Gli investigatori della procura di Napoli dicono che in questi anni Miano ha avuto accesso alle comunicazioni di 46 magistrati di diverse procure italiane, compresi alcuni magistrati che stavano indagando sul suo conto, oltre a computer di funzionari, militari della Guardia di Finanza e agenti di polizia giudiziaria. Tra le altre, avrebbe violato le comunicazioni dei procuratori di Perugia, Firenze e del procuratore capo di Napoli Nicola Gratteri. Solo da Brescia avrebbe prelevato circa seimila documenti dalla cartella desktop e documenti della magistrata Erica Battaglia e 35mila atti giudiziari di procedimenti civili del tribunale.

Non è ancora chiaro, invece, come abbia ottenuto oltre 6 milioni di euro in bitcoin. In una prima dichiarazione Miano avrebbe parlato di semplici investimenti lungimiranti fatti anni fa quando il valore del bitcoin era molto inferiore rispetto alle quotazioni attuali. La procura sta cercando di capire se Miano avesse dei complici e clienti a cui vendeva parte dei dati rubati. Tra le altre cose, gli è stato contestato l’accesso al portale “Russian market”, un altro mercato illegale dove è possibile vendere informazioni come password, dati bancari e di carte di credito.

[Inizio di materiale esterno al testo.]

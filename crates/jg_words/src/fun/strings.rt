//! The functions on strings, and their names.

ghost use Rattle.std.specs.Prelude.{◌≡◌};
ghost use Rattle.jg_words.specs.Fun.{strings_name};

/// Strings (JNI Specification, chapter 4, "String Operations").
#[derive(Clone, Copy, PartialEq, Eq)]
pub enum StringsFun {
    NewString,
    NewStringUTF,
    GetStringLength,
    GetStringUTFLength,
    GetStringRegion,
}

impl StringsFun {
    /// Its name.
    pub fn name(self) -> &'static str
        ensures { result.now ≡ strings_name self }
    {
        match self {
            StringsFun::NewString => "NewString",
            StringsFun::NewStringUTF => "NewStringUTF",
            StringsFun::GetStringLength => "GetStringLength",
            StringsFun::GetStringUTFLength => "GetStringUTFLength",
            StringsFun::GetStringRegion => "GetStringRegion",
        }
    }
}
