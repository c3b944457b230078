//! The functions on exceptions: their names, and which may be called with an exception pending.

ghost use Rattle.std.specs.Prelude.{◌≡◌};
ghost use Rattle.jg_words.specs.Fun.{exceptions_name};

/// Exceptions (JNI Specification, chapter 4, "Exceptions").
#[derive(Clone, Copy, PartialEq, Eq)]
pub enum ExceptionsFun {
    Throw,
    ExceptionOccurred,
    ExceptionDescribe,
    ExceptionClear,
    ExceptionCheck,
}

impl ExceptionsFun {
    /// Its name.
    pub fn name(self) -> &'static str
        ensures { result.now ≡ exceptions_name self }
    {
        match self {
            ExceptionsFun::Throw => "Throw",
            ExceptionsFun::ExceptionOccurred => "ExceptionOccurred",
            ExceptionsFun::ExceptionDescribe => "ExceptionDescribe",
            ExceptionsFun::ExceptionClear => "ExceptionClear",
            ExceptionsFun::ExceptionCheck => "ExceptionCheck",
        }
    }
}
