//! The functions on buffers: their names, and when each may be called.

ghost use Rattle.std.specs.Prelude.{◌≡◌};
ghost use Rattle.jg_words.specs.Fun.{buffers_name};

use crate::object::Primitive;

/// Buffers: the items of an array or of a string, as native code is lent them (JNI Specification,
/// chapter 4, "Array Operations" and "String Operations"). A family over the primitive types is one
/// variant. `BufferRead` and `BufferWrite` are the guard's own: accesses to a buffer's memory.
#[derive(Clone, Copy, PartialEq, Eq)]
pub enum BuffersFun {
    GetArrayElements(Primitive),
    ReleaseArrayElements(Primitive),
    GetStringChars,
    ReleaseStringChars,
    GetStringUTFChars,
    ReleaseStringUTFChars,
    GetPrimitiveArrayCritical,
    ReleasePrimitiveArrayCritical,
    GetStringCritical,
    ReleaseStringCritical,
    BufferRead,
    BufferWrite,
}

impl BuffersFun {
    /// Its name.
    pub fn name(self) -> &'static str
        ensures { result.now ≡ buffers_name self }
    {
        match self {
            BuffersFun::GetArrayElements(Primitive::Boolean) => "GetBooleanArrayElements",
            BuffersFun::GetArrayElements(Primitive::Byte) => "GetByteArrayElements",
            BuffersFun::GetArrayElements(Primitive::Char) => "GetCharArrayElements",
            BuffersFun::GetArrayElements(Primitive::Short) => "GetShortArrayElements",
            BuffersFun::GetArrayElements(Primitive::Int) => "GetIntArrayElements",
            BuffersFun::GetArrayElements(Primitive::Long) => "GetLongArrayElements",
            BuffersFun::ReleaseArrayElements(Primitive::Boolean) => "ReleaseBooleanArrayElements",
            BuffersFun::ReleaseArrayElements(Primitive::Byte) => "ReleaseByteArrayElements",
            BuffersFun::ReleaseArrayElements(Primitive::Char) => "ReleaseCharArrayElements",
            BuffersFun::ReleaseArrayElements(Primitive::Short) => "ReleaseShortArrayElements",
            BuffersFun::ReleaseArrayElements(Primitive::Int) => "ReleaseIntArrayElements",
            BuffersFun::ReleaseArrayElements(Primitive::Long) => "ReleaseLongArrayElements",
            BuffersFun::GetStringChars => "GetStringChars",
            BuffersFun::ReleaseStringChars => "ReleaseStringChars",
            BuffersFun::GetStringUTFChars => "GetStringUTFChars",
            BuffersFun::ReleaseStringUTFChars => "ReleaseStringUTFChars",
            BuffersFun::GetPrimitiveArrayCritical => "GetPrimitiveArrayCritical",
            BuffersFun::ReleasePrimitiveArrayCritical => "ReleasePrimitiveArrayCritical",
            BuffersFun::GetStringCritical => "GetStringCritical",
            BuffersFun::ReleaseStringCritical => "ReleaseStringCritical",
            BuffersFun::BufferRead => "BufferRead",
            BuffersFun::BufferWrite => "BufferWrite",
        }
    }
}
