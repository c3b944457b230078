//! The functions on attachment, native methods, libraries and the collector: their names, and when each may be called.

ghost use Rattle.std.specs.Prelude.{◌≡◌};
ghost use Rattle.jg_words.specs.Fun.{vm_name};

/// Attachment and environments (JNI Specification, chapter 5); native methods, and the libraries
/// that have them (chapter 4, "Registering Native Methods"; JEP 472); the collector.
#[derive(Clone, Copy, PartialEq, Eq)]
pub enum VmFun {
    AttachCurrentThread,
    DetachCurrentThread,
    GetEnv,
    NativeEnter,
    NativeLeave,
    LoadLibrary,
    RegisterNatives,
    UnregisterNatives,
    Collect,
}

impl VmFun {
    /// Its name.
    pub fn name(self) -> &'static str
        ensures { result.now ≡ vm_name self }
    {
        match self {
            VmFun::AttachCurrentThread => "AttachCurrentThread",
            VmFun::DetachCurrentThread => "DetachCurrentThread",
            VmFun::GetEnv => "GetEnv",
            VmFun::NativeEnter => "NativeEnter",
            VmFun::NativeLeave => "NativeLeave",
            VmFun::LoadLibrary => "LoadLibrary",
            VmFun::RegisterNatives => "RegisterNatives",
            VmFun::UnregisterNatives => "UnregisterNatives",
            VmFun::Collect => "Collect",
        }
    }
}
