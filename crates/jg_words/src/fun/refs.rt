//! The functions on references: their names, and which may be called with an exception pending.

ghost use Rattle.std.specs.Prelude.{◌≡◌};
ghost use Rattle.jg_words.specs.Fun.{refs_name};

/// References (JNI Specification, chapter 4, "Global and Local References").
#[derive(Clone, Copy, PartialEq, Eq)]
pub enum RefsFun {
    NewLocalRef,
    NewGlobalRef,
    NewWeakGlobalRef,
    DeleteLocalRef,
    DeleteGlobalRef,
    DeleteWeakGlobalRef,
    IsSameObject,
    GetObjectRefType,
}

impl RefsFun {
    /// Its name.
    pub fn name(self) -> &'static str
        ensures { result.now ≡ refs_name self }
    {
        match self {
            RefsFun::NewLocalRef => "NewLocalRef",
            RefsFun::NewGlobalRef => "NewGlobalRef",
            RefsFun::NewWeakGlobalRef => "NewWeakGlobalRef",
            RefsFun::DeleteLocalRef => "DeleteLocalRef",
            RefsFun::DeleteGlobalRef => "DeleteGlobalRef",
            RefsFun::DeleteWeakGlobalRef => "DeleteWeakGlobalRef",
            RefsFun::IsSameObject => "IsSameObject",
            RefsFun::GetObjectRefType => "GetObjectRefType",
        }
    }
}
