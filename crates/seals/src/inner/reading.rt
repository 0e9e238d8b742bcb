// What refuses a file by 14 to 18.
ghost use Rattle.std.specs.Prelude.{◌≡◌, ◌+◌, ◌-◌, ◌*◌, ◌%◌, ◌≤◌, ◌<◌, length};
ghost use Rattle.tables.specs.Answer.{answer_of, fault_number};
ghost use Rattle.tables.specs.First.{first};
ghost use Rattle.payload.specs.Word.{word_at};
ghost use Rattle.payload.specs.Block.{check_word};
ghost use Rattle.payload.specs.File.{blocks_for, word_in};
ghost use Rattle.seals.specs.Lanes.{lanes_check};
ghost use Rattle.seals.specs.Reading.{tested, block_answer, padding_answer, payload_answer};

use payload::inner::{place, words};
use tables::inner::first;
use tables::{Answer, Fault, placed, unless};

// Every fourth word of a block: the sum of those so far, modulo 2 ^ 32, and the sum of all that it has been.
#[derive(Clone, Copy)]
pub struct Lane {
    pub sum: u32,
    pub twice: u32,
}

impl Lane {
    // The lane with one word more.
    fn with(self, word: u32) -> Lane
        ensures { (result.sum ≡ (self.sum + word) % 4294967296) × (result.twice ≡ (self.twice + result.sum) % 4294967296) }
    {
        let sum = self.sum.wrapping_add(word);
        Lane {
            sum,
            twice: self.twice.wrapping_add(sum),
        }
    }
}

// The check word of four lanes of 32 words, the last of which, word 127, has no part in it.
fn lanes_check(a: Lane, b: Lane, c: Lane, d: Lane, last: u32) -> u32
    ensures { result
        ≡ lanes_check a.sum a.twice b.sum b.twice c.sum c.twice d.sum d.twice last }
{
    let plus = 257 * (a.sum as u64)
        + 259 * (b.sum as u64)
        + 261 * (c.sum as u64)
        + 263 * (d.sum as u64);
    let twice = (a.twice as u64) + (b.twice as u64) + (c.twice as u64) + (d.twice as u64);
    let minus = 8 * twice + 255 * (last as u64);
    ((plus + (1288490188800 - minus)) % 4294967296) as u32
}

// The check word of block t, from its words 0 to 126: by sums alone, since products take three times as long. The four lanes are four variables,
// so that their sums are made side by side: an array of lanes, gone through by a loop, would be a second loop and no plainer.
pub fn check_word(file: &[u8], t: usize) -> u32
    requires { t * 512 + 512 ≤ length file.now }
    ensures { result ≡ check_word (word_in file.now t) }
{
    let first = t * 128;
    let mut a = Lane { sum: 0, twice: 0 };
    let mut b = a;
    let mut c = a;
    let mut d = a;
    for q in 0..32 {
        let at = first + q * 4;
        a = a.with(words::word_at(file, at));
        b = b.with(words::word_at(file, at + 1));
        c = c.with(words::word_at(file, at + 2));
        d = d.with(words::word_at(file, at + 3));
    }
    lanes_check(a, b, c, d, words::word_at(file, first + 127))
}

// A refusal at a row, unless the test holds.
fn tested(fits: bool, fault: Fault, row: u32) -> Answer
    ensures { answer_of result ≡ tested fits (fault_number fault) row }
{
    placed(unless(fits, fault), row, 0)
}

// 15, 16, 17 of block t. The kind is a number, since a file's blocks may be of any kind, and the clauses speak of every number.
fn block_answer(kind: u32, file: &[u8], t: usize) -> Answer
    requires { (t * 512 + 512 ≤ length file.now) × (t < 4294967296) }
    ensures { answer_of result ≡ block_answer kind file.now t }
{
    let first = t * 128;
    let row = t as u32;
    let check = words::word_at(file, first + 127);
    let right = check_word(file, t);
    tested(check == right, Fault::Check, row)?;
    let named = words::word_at(file, first);
    tested(named == kind, Fault::Kind, row)?;
    let number = words::word_at(file, first + 1);
    tested(number == row, Fault::Number, row)
}

// The first block that is refused.
fn blocks_answer(kind: u32, file: &[u8], blocks: usize) -> Answer
    requires { (length file.now ≡ blocks * 512) × (blocks ≤ 4294967296) }
    ensures { answer_of result ≡ first blocks (block_answer kind file.now) }
{
    first(blocks, |t| block_answer(kind, file, t))
}

// 18 at word i after the payload's end.
fn padding_at(m: usize, file: &[u8], blocks: usize, i: usize) -> Answer
    requires { (length file.now ≡ blocks * 512) × (blocks ≡ blocks_for m) × (m ≤ 4294967295) × (i < blocks * 125 - m) }
    ensures { answer_of result ≡ padding_answer m file.now i }
{
    let word = place::word_of(file, m + i);
    tested(word == 0, Fault::Padding, (blocks - 1) as u32)
}

// 18 at the first word after the payload that is not zero.
fn padding_answer(m: usize, file: &[u8], blocks: usize) -> Answer
    requires { (length file.now ≡ blocks * 512) × (blocks ≡ blocks_for m) × (m ≤ 4294967295) }
    ensures { answer_of result ≡ first (blocks * 125 - m) (padding_answer m file.now) }
{
    first(blocks * 125 - m, |i| padding_at(m, file, blocks, i))
}

// How many blocks m words take.
pub fn blocks_for(m: usize) -> usize
    requires { m ≤ 4294967295 }
    ensures { result ≡ blocks_for m }
{
    (m + 124) / 125
}

// 14 to 18 of a file of m payload words.
pub fn payload_answer(kind: u32, m: usize, file: &[u8]) -> Answer
    requires { m ≤ 4294967295 }
    ensures { answer_of result ≡ payload_answer kind m file.now }
{
    let blocks = blocks_for(m);
    tested(file.len() == blocks * 512, Fault::Bytes, 0)?;
    blocks_answer(kind, file, blocks)?;
    padding_answer(m, file, blocks)
}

L’avvocato di Miano, Gioacchino Genchi, ha presentato un ricorso al tribunale del Riesame per chiedere la scarcerazione e il trasferimento dell’indagine alla procura di Perugia. Giovedì i giudici l’hanno respinta dopo il parere negativo della procura di Napoli.

La strategia difensiva di Genchi è che Miano sia un hacker talmente bravo che grazie alle sue conoscenze avrebbe potuto compromettere l’intero sistema giudiziario italiano, ma avrebbe deciso di non farlo perché non è un criminale. «Aveva a disposizione tutte le caselle mail usate per trasmettere le notizie di reato, gli ordini di fermo, le misure cautelari e i decreti di intercettazione di tutte le procure e le direzioni distrettuali antimafia d’Italia», ha detto Genchi. «Se Miano fosse stato un criminale avrebbe potuto mandare veramente in tilt il sistema […] ma non l’ha fatto: gli unici dati che ha visto sono quelli che lo riguardano, ossessionato e preoccupato com’era delle indagini sul suo conto».

Genchi ha anche contestato l’accusa di danneggiamento del sistema informatico, appellandosi alle evidenti lacune che hanno permesso a Miano di entrare in diverse reti. Secondo Genchi il sistema informatico era già disastrato di per sé e privo di protezioni minime che avrebbero dovuto prevenire e impedire le intrusioni.

Il procuratore capo di Napoli Nicola Gratteri ha detto che Miano «ha fatto girare la testa» per un anno ai magistrati di Napoli, un modo per dire che le indagini sono state più complesse del previsto. Miano infatti poteva spiare la stessa procura che lo stava indagando. Quando i magistrati se ne sono accorti hanno smesso di usare le caselle di posta elettronica e WhatsApp. Tutte le comunicazioni sono state fatte a voce o scritte a penna. Solo così la procura è riuscita a portare avanti l’inchiesta.